[Opening Supplied records section]
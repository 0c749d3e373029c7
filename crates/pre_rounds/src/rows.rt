ghost use Rattle.std.specs.Prelude.{◌≡◌, ◌+◌, ◌*◌, ◌/◌, ◌%◌, ◌<◌, ◌≤◌, ◌++◌, length, IfOk, OnOk, map, filter, false};
ghost use Rattle.std.specs.List.{range_with_len};
ghost use Rattle.pre_bound.specs.Uses.{has_arc};
ghost use Rattle.pre_bound.specs.Good.{AtPorts};
ghost use Rattle.pre_bound.specs.Places.{arcs_of, ports_of, streams_of};
ghost use Rattle.pre_certify.specs.Loads.{NoOverload};
ghost use Rattle.pre_certify.specs.Tables.{AreWithin};
ghost use Rattle.pre_rounds.specs.Rounds.{port_over};
ghost use Rattle.pre_rounds.specs.Passing.{passes_over};
ghost use Rattle.pre_rounds.specs.Routed.{AreShort};
ghost use Rattle.pre_rounds.specs.Tables.{bursts_in};
ghost use Rattle.pre_rounds.specs.Written.{arc_at, hops_at, all_hops};

use crate::bounds::settled_row;
use crate::tables::burst_at;
use pre_base::{ArcId, Items, StreamId};
use pre_bound::{ArcRow, HopRow, PortRow};
use pre_certify::{has_arc, has_port, largest_used};
use pre_streams::Row;
use pre_topo::Network;
use std::alloc::{AllocError, Global};

/// The rows of the arcs that streams use, without ranks.
pub(crate) fn arc_rows(
    alloc: Global,
    net: &Network,
    rows: &[Row],
) -> Result<Items<ArcRow>, AllocError>
    ensures { IfOk result (λ found. found ≡ map (arc_at net.now rows.now) (arcs_of net.now rows.now)) }
{
    let mut found = Items::new(alloc);
    for place in 0..net.arcs.len() as u16 {
        let arc = ArcId(place);
        if has_arc(rows, arc) {
            found.push(ArcRow {
                arc,
                rank: None,
                largest: largest_used(net, rows, arc),
            })?;
        }
    }
    Ok(found)
}

/// The rows of the ports, at none of which a number passes the limit.
pub(crate) fn port_rows(
    alloc: Global,
    net: &Network,
    rows: &[Row],
    bursts: &[u64],
) -> Result<Items<PortRow>, AllocError>
    requires few { length rows.now ≤ 512 }
    requires short { AreShort rows.now }
    requires load { NoOverload net.now rows.now }
    requires within { AreWithin bursts.now }
    requires small { AtPorts net.now rows.now (λ arc prio. passes_over net.now rows.now (bursts_in bursts.now) arc prio ≡ false) }
    ensures { IfOk result (λ found. found ≡ map (λ place. port_over net.now rows.now (bursts_in bursts.now) (place / 8) (place % 8)) (ports_of net.now rows.now)) }
{
    let mut found = Items::new(alloc);
    for place in 0..net.arcs.len() * 8 {
        let arc = ArcId((place / 8) as u16);
        let prio = (place % 8) as u8;
        if has_port(rows, arc, prio) {
            found.push(settled_row(net, rows, bursts, arc, prio))?;
        }
    }
    Ok(found)
}

/// Puts the rows of a stream's hops behind the others.
fn push_hops(
    bursts: &[u64],
    row: &Row,
    stream: usize,
    found: &mut Items<HopRow>,
) -> Result<(), AllocError>
    requires within { AreWithin bursts.now }
    requires stream { stream < 512 }
    requires short { length row.now.arcs ≤ 16 }
    ensures { OnOk result (found.new ≡ found.old ++ hops_at (bursts_in bursts.now) stream row.now) }
{
    for hop in 0..row.arcs.len() {
        found.push(HopRow {
            stream: StreamId(stream as u16),
            hop: hop as u64,
            burst: burst_at(bursts, stream, hop),
        })?;
    }
    Ok(())
}

/// The rows of the hops of all streams.
pub(crate) fn hop_rows(
    alloc: Global,
    rows: &[Row],
    bursts: &[u64],
) -> Result<Items<HopRow>, AllocError>
    requires few { length rows.now ≤ 512 }
    requires short { AreShort rows.now }
    requires within { AreWithin bursts.now }
    ensures { IfOk result (λ found. found ≡ all_hops (bursts_in bursts.now) (streams_of rows.now)) }
{
    let mut found = Items::new(alloc);
    for (stream, row) in rows.iter().enumerate() {
        if row.curve.is_some() {
            push_hops(bursts, row, stream, &mut found)?;
        }
    }
    Ok(found)
}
[Closing Supplied records section]
* Work item: Filter the records for lines containing the word "Items" and copy each one.

* Solution to the exercise:
use pre_base::{ArcId, Items, StreamId};
) -> Result<Items<ArcRow>, AllocError>
    let mut found = Items::new(alloc);
) -> Result<Items<PortRow>, AllocError>
    let mut found = Items::new(alloc);
    found: &mut Items<HopRow>,
) -> Result<Items<HopRow>, AllocError>
    let mut found = Items::new(alloc);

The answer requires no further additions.